====== DATA TO PROCESS ======

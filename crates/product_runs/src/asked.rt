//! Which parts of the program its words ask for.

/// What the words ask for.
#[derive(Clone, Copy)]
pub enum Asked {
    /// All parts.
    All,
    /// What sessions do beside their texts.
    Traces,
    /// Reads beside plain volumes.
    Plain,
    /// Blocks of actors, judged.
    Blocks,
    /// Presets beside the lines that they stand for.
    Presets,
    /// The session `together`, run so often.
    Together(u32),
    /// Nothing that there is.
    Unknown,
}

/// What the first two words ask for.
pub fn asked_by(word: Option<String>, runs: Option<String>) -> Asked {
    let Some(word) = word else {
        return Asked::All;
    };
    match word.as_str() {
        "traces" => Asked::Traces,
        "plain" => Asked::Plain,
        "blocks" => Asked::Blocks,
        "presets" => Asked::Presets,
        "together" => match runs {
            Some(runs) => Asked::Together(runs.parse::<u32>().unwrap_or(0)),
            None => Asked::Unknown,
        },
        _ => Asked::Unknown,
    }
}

======
====== DATA TO PROCESS ======

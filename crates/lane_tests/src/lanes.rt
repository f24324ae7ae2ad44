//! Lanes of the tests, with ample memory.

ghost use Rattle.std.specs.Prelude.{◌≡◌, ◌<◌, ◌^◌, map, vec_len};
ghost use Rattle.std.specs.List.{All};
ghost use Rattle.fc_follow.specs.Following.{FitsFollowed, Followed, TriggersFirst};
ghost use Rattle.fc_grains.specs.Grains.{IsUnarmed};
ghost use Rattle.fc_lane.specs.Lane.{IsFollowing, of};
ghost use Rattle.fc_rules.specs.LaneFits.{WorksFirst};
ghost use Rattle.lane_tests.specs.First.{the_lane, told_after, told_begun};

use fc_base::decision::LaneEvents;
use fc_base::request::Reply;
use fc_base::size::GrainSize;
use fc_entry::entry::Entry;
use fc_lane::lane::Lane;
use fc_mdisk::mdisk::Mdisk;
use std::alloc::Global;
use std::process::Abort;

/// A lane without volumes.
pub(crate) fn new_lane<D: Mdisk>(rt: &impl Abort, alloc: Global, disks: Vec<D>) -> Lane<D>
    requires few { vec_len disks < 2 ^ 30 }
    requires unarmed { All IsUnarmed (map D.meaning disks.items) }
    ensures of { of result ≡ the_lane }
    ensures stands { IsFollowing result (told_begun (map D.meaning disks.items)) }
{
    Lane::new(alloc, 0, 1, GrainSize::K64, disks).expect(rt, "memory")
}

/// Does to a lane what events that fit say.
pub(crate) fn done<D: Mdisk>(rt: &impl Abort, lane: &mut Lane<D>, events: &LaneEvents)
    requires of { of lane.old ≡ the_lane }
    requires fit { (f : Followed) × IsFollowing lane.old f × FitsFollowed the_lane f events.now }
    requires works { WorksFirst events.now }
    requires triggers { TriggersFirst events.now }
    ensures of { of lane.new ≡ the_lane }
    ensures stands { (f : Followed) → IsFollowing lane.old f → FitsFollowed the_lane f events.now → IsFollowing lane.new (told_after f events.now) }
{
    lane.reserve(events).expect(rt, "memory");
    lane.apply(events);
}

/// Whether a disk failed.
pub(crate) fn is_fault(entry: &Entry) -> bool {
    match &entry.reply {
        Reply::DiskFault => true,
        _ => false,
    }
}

======

■ TASK TO CARRY OUT: Using the records above, report each line with the string "expect".

■ ANSWER TO THIS EXERCISE:
    Lane::new(alloc, 0, 1, GrainSize::K64, disks).expect(rt, "memory")
    lane.reserve(events).expect(rt, "memory");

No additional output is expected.